Segment Start: Records for the task
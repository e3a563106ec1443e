//! That the constants of a checked module may be asked for.
ghost use Rattle.run_initial.specs.Constants.Laws.{ConstantsCanStand};

/// Each constant that a well-formed, valid module writes, an initialiser, an operand or a callee, can stand at the type that is written
/// for it; a callee is a pointer.
pub fn constants_of_a_checked_module_can_stand()
    ensures { ConstantsCanStand }
{}
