//! The laws of bitcode as records.
ghost use Rattle.record_law.specs.Laws.{TreesAreReadOrRefused, TreesStandForOne, RecordsAreThosePut, OpeningsAreReadBack, ModulesAreReadBack};

/// A tree of blocks and records stands for a module, or a first record of it is refused.
pub fn trees_are_read_or_refused()
    ensures { TreesAreReadOrRefused }
{}

/// It stands for no other module.
pub fn trees_stand_for_one()
    ensures { TreesStandForOne }
{}

/// The tree that is written of a module has the records that were put, whatever abbreviations they were written by.
pub fn records_are_those_put()
    ensures { RecordsAreThosePut }
{}

/// The producer and the string table of a module whose texts are bytes are read back.
pub fn openings_are_read_back()
    ensures { OpeningsAreReadBack }
{}

/// A module that fits (`ModuleFits`) is what the tree that is written of it stands for.
pub fn modules_are_read_back()
    ensures { ModulesAreReadBack }
{}
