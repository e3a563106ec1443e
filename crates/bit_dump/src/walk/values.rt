//! The operands of a record that was judged, one after another.
ghost use Rattle.std.specs.Prelude.{◌≡◌, ℕ, ◌<◌, Some, Ok, [], List};
ghost use Rattle.bit_stream.specs.Bits.Cursor.{Cursor};
ghost use Rattle.bit_stream.specs.Bits.Reading.{fixed, vbr};
ghost use Rattle.bit_stream.specs.Record.{value_by, code_by};
ghost use Rattle.bit_stream.specs.Entry.{number_of};
ghost use Rattle.bit_stream.specs.declared.abbreviation.ValueSpelling.TheVariants.{Chunks};
ghost use Rattle.bit_stream.specs.declared.item.TheConstants.{ID_LIMIT};
ghost use Rattle.bit_dump.specs.declared.walk.values.OperandStage.TheVariants.{Fields};
ghost use Rattle.bit_dump.specs.Walk.Values.{repeated, listed, left_by, operands_at, Leaves, IsRead, Gave};

use bit_stream::bits::BitCursor;
use bit_stream::{AdmittedAbbreviation, ChunkWidth, Tail, ValueSpelling, code_by, value_by};

/// Which operands of a record are left.
#[derive(Clone, Copy)]
pub enum OperandStage {
    /// Those of its abbreviation from this one on, and those that its end gives.
    Fields(usize),
    /// So many of one spelling.
    Repeats(ValueSpelling, u64),
    /// None.
    Over,
}

/// A value that is not refused.
#[inline(always)]
pub fn value(cursor: &mut BitCursor, scalar: ValueSpelling) -> u64
    requires { (n : ℕ) × (d : Cursor) × (value_by scalar cursor.old ≡ Ok (n, d)) }
    ensures { value_by scalar cursor.old ≡ Ok (result, cursor.new) }
{
    match value_by(cursor, scalar) {
        Ok(number) => number,
        Err(_) => unreachable!(),
    }
}

/// A count that is not refused.
fn count(cursor: &mut BitCursor) -> u64
    requires { (n : ℕ) × (d : Cursor) × (vbr 6 cursor.old ≡ Ok (n, d)) }
    ensures { vbr 6 cursor.old ≡ Ok (result, cursor.new) }
{
    match cursor.vbr(6) {
        Ok(number) => number,
        Err(_) => unreachable!(),
    }
}

/// The next of so many values of one spelling.
#[inline(always)]
fn next_repeated(
    cursor: &mut BitCursor,
    stage: &mut OperandStage,
    scalar: &ValueSpelling,
    left: u64,
    abbreviation: &AdmittedAbbreviation,
) -> Option<u64>
    requires { IsRead (repeated scalar.now left cursor.old) }
    ensures { (ns : List ℕ) → Leaves (repeated scalar.now left cursor.old) ns → Gave ns result (left_by stage.new abbreviation.now cursor.new) }
{
    if left == 0 {
        *stage = OperandStage::Over;
        return None;
    }
    *stage = OperandStage::Repeats(*scalar, left - 1);
    Some(value(cursor, *scalar))
}

/// The next value behind those that an abbreviation spells one by one.
fn next_of_tail(
    cursor: &mut BitCursor,
    stage: &mut OperandStage,
    tail: Tail,
    abbreviation: &AdmittedAbbreviation,
) -> Option<u64>
    requires { IsRead (listed [] tail cursor.old) }
    ensures { (ns : List ℕ) → Leaves (listed [] tail cursor.old) ns → Gave ns result (left_by stage.new abbreviation.now cursor.new) }
{
    match tail {
        Tail::NoTail => {
            *stage = OperandStage::Over;
            None
        }
        Tail::Bytes => {
            *stage = OperandStage::Over;
            None
        }
        Tail::Elements(scalar) => {
            let left = count(cursor);
            next_repeated(cursor, stage, &scalar, left, abbreviation)
        }
    }
}

/// The next of the values that an abbreviation spells one by one, from this one on.
fn next_field(
    cursor: &mut BitCursor,
    stage: &mut OperandStage,
    index: usize,
    abbreviation: &AdmittedAbbreviation,
) -> Option<u64>
    requires { IsRead (left_by (Fields index) abbreviation.now cursor.old) }
    ensures { (ns : List ℕ) → Leaves (left_by (Fields index) abbreviation.now cursor.old) ns → Gave ns result (left_by stage.new abbreviation.now cursor.new) }
{
    match abbreviation.operands.as_slice().get(index) {
        Some(scalar) => {
            *stage = OperandStage::Fields(index + 1);
            Some(value(cursor, *scalar))
        }
        None => next_of_tail(cursor, stage, abbreviation.tail, abbreviation),
    }
}

/// The next operand of a record, none of whose operands is refused.
#[inline(never)]
pub fn next_value(
    cursor: &mut BitCursor,
    stage: &mut OperandStage,
    abbreviation: &AdmittedAbbreviation,
) -> Option<u64>
    requires { IsRead (left_by stage.old abbreviation.now cursor.old) }
    ensures { (ns : List ℕ) → Leaves (left_by stage.old abbreviation.now cursor.old) ns → Gave ns result (left_by stage.new abbreviation.now cursor.new) }
{
    match *stage {
        OperandStage::Fields(index) => next_field(cursor, stage, index, abbreviation),
        OperandStage::Repeats(scalar, left) => next_repeated(
            cursor,
            stage,
            &scalar,
            left,
            abbreviation,
        ),
        OperandStage::Over => None,
    }
}

/// A record that was begun: its abbreviation id, and which of its operands are left.
#[derive(Clone, Copy)]
pub struct Start {
    pub id: u32,
    pub stage: OperandStage,
}

/// A field that is not refused.
#[inline(always)]
fn field(cursor: &mut BitCursor, width: ChunkWidth) -> u64
    requires { (n : ℕ) × (d : Cursor) × (fixed width cursor.old ≡ Ok (n, d)) }
    ensures read { fixed width cursor.old ≡ Ok (result, cursor.new) }
    ensures small { result < ID_LIMIT }
{
    match cursor.fixed(width.bits()) {
        Ok(number) => number,
        Err(_) => unreachable!(),
    }
}

/// Goes past a code that is not refused.
#[inline(always)]
fn pass_code(cursor: &mut BitCursor, scalar: ValueSpelling)
    requires { (n : ℕ) × (d : Cursor) × (code_by scalar cursor.old ≡ Ok (n, d)) }
    ensures { (n : ℕ) × (code_by scalar cursor.old ≡ Ok (n, cursor.new)) }
{
    match code_by(cursor, scalar) {
        Ok(_) => {}
        Err(_) => unreachable!(),
    }
}

/// How a record without an abbreviation spells its values.
pub fn plain_spelling() -> ValueSpelling
    ensures { result ≡ Chunks 6 }
{
    ValueSpelling::Chunks(ChunkWidth::new(6))
}

/// Goes past the abbreviation id and the code of a record in front, which is not refused. It is by this abbreviation
/// where its id is not 3.
pub fn begin(
    cursor: &mut BitCursor,
    width: ChunkWidth,
    abbreviation: &AdmittedAbbreviation,
) -> Start
    requires { IsRead (operands_at width abbreviation.now cursor.old) }
    ensures id { result.id ≡ number_of (fixed width cursor.old) }
    ensures left { (ns : List ℕ) → Leaves (operands_at width abbreviation.now cursor.old) ns → Leaves (left_by result.stage abbreviation.now cursor.new) ns }
{
    let id = field(cursor, width) as u32;
    if id == 3 {
        pass_code(cursor, plain_spelling());
        let left = count(cursor);
        return Start {
            id,
            stage: OperandStage::Repeats(plain_spelling(), left),
        };
    }
    pass_code(cursor, abbreviation.code);
    Start {
        id,
        stage: OperandStage::Fields(0),
    }
}
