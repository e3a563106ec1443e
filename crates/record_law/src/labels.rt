//! The names that a body declares are known ahead of it: they are those that are read.
//!
//! It stands on the records of `record_table`. It promises the law that its call names, and has in its proofs what a reader
//! needs record by record. Definitions: `Bodies` of `record_table`, and `specs/Labels/Laws`.
//!
//! ```
//! -- of the records of `define i32 @f(i32 %a) { %b = add i32 %a, 1 ret i32 %b }`
//! (labels texts k 1 inside).values -- Named (codes "a") ∷ Named (codes "b") ∷ []
//! (labels texts k 1 inside).blocks -- Numbered 0 ∷ []
//! ```
mod laws;

pub use laws::labels_are_those_read;
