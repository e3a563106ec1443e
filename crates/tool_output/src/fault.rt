//! Why a result was not written.
ghost use Rattle.std.specs.Prelude.{◌≡◌};
ghost use Rattle.tool_output.specs.declared.fault.OutputFault.TheVariants.{Memory};

use ir_base::Text;
use std::alloc::AllocError;
use thiserror::Error;

/// Why a result was not written to its output.
#[derive(Debug, Drop, Error)]
pub enum OutputFault {
    /// A write of the output of this name failed; a front of the result may be there.
    #[error("cannot write")]
    CannotWrite(Text),
    /// Memory ran out, before anything was written.
    #[error("out of memory")]
    Memory,
}

impl From<AllocError> for OutputFault {
    ghost from_gives = { λ _ fault. fault ≡ Memory };

    fn from(_error: AllocError) -> OutputFault {
        OutputFault::Memory
    }
}
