//! An abbreviation that was read, and which of its operands a record by it spells with bits.
ghost use Rattle.std.specs.Prelude.{◌≡◌, ◌++◌, filter, IfOk, OnOk};
ghost use Rattle.bit_dump.specs.Walk.Starts.{no_abbreviation};
ghost use Rattle.bit_dump.specs.Walk.Spelling.{has_bits, spelled_out};

use bit_stream::{AdmittedAbbreviation, Tail, ValueSpelling};
use std::alloc::{AllocError, Global};
use std::marker::Model;

/// An abbreviation, and the spellings of its operands but for the literals behind the first: a record goes on by no bit
/// where these stand, so nothing of them has to be read where only the first operand is wanted.
#[derive(Drop)]
pub struct WalkedSpelling {
    abbreviation: AdmittedAbbreviation,
    read: Vec<ValueSpelling>,
}

impl Model for WalkedSpelling {
    ghost use Rattle.std.specs.Prelude.{◌≡◌};
    ghost use Rattle.bit_stream.specs.Abbreviation.{AdmittedAbbreviation};
    ghost use Rattle.bit_dump.specs.Walk.Spelling.{spelled_out};

    ghost Value = { AdmittedAbbreviation };

    ghost view = { λ s. s.abbreviation };

    ghost invariant = { λ s. s.read.items ≡ spelled_out s.abbreviation.operands };
}

impl WalkedSpelling {
    /// That of an abbreviation.
    pub fn new(alloc: Global, abbreviation: AdmittedAbbreviation) -> Result<Self, AllocError>
        ensures { IfOk result (λ spelling. spelling ≡ abbreviation) }
    {
        let read = spelled_out(alloc, &abbreviation.operands)?;
        Ok(WalkedSpelling { abbreviation, read })
    }

    /// The abbreviation of no operands.
    pub fn nothing(alloc: Global) -> Self
        ensures { result ≡ no_abbreviation }
    {
        WalkedSpelling {
            abbreviation: no_abbreviation(alloc),
            read: Vec::new(alloc),
        }
    }

    /// The abbreviation.
    pub fn admitted(&self) -> &AdmittedAbbreviation
        ensures { result.now ≡ self.now }
    {
        &self.abbreviation
    }

    /// The spellings of its operands, but for the literals behind the first.
    pub fn read(&self) -> &[ValueSpelling]
        ensures { result.now ≡ spelled_out self.now.operands }
    {
        self.read.as_slice()
    }
}

/// The abbreviation of no operands.
pub fn no_abbreviation(alloc: Global) -> AdmittedAbbreviation
    ensures { result ≡ no_abbreviation }
{
    AdmittedAbbreviation {
        code: ValueSpelling::Known(0),
        operands: Vec::new(alloc),
        tail: Tail::NoTail,
    }
}

/// The first of some spellings, and the others that are no literals.
fn spelled_out(alloc: Global, scalars: &[ValueSpelling]) -> Result<Vec<ValueSpelling>, AllocError>
    ensures { IfOk result (λ read. read.items ≡ spelled_out scalars.now) }
{
    let mut read = Vec::new(alloc);
    if let [first, others @ ..] = scalars {
        read.push(*first)?;
        add_read(&mut read, others)?;
    }
    Ok(read)
}

/// Adds those that are no literals.
fn add_read(read: &mut Vec<ValueSpelling>, scalars: &[ValueSpelling]) -> Result<(), AllocError>
    ensures { OnOk result (read.new.items ≡ read.old.items ++ filter has_bits scalars.now) }
{
    for scalar in scalars {
        if has_bits(*scalar) {
            read.push(*scalar)?;
        }
    }
    Ok(())
}

/// Whether a value of this spelling is read, and is no literal.
fn has_bits(scalar: ValueSpelling) -> bool
    ensures { result ≡ has_bits scalar }
{
    match scalar {
        ValueSpelling::Known(_) => false,
        ValueSpelling::Field(_) | ValueSpelling::Chunks(_) | ValueSpelling::Letter => true,
    }
}
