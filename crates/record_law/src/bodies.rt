//! A body that is written is read back.
//!
//! It stands on the records of `record_table` and on its laws of lines. It promises the law that its call names.
//! Definitions: `specs/Bodies/FittingBodies` says what a body must be, `specs/Bodies/Laws` what the law is.
//!
//! ```
//! -- of the records of `define i32 @f(i32 %a) { ret i32 %a }`: PARAMS, BLOCK and that of `ret`
//! body texts k 1 at records -- Ok begun
//! begun.parameters -- Named (codes "a") ∷ []
//! begun.blocks -- one, of the name Numbered 0, which ends in `ret i32 %a`
//! ```
mod laws;

pub use laws::bodies_are_read_back;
Segment End: Records for the task
About this exercise: Could you please retype the lines from the start of the data through the line with "bitcode as records.", both included, and nothing else?

Exercise solution:
repository e3a563106ec1443e
//! That the constants of a checked module may be asked for.
ghost use Rattle.run_initial.specs.Constants.Laws.{ConstantsCanStand};

/// Each constant that a well-formed, valid module writes, an initialiser, an operand or a callee, can stand at the type that is written
/// for it; a callee is a pointer.
pub fn constants_of_a_checked_module_can_stand()
    ensures { ConstantsCanStand }
{}
//! The laws of bitcode as records.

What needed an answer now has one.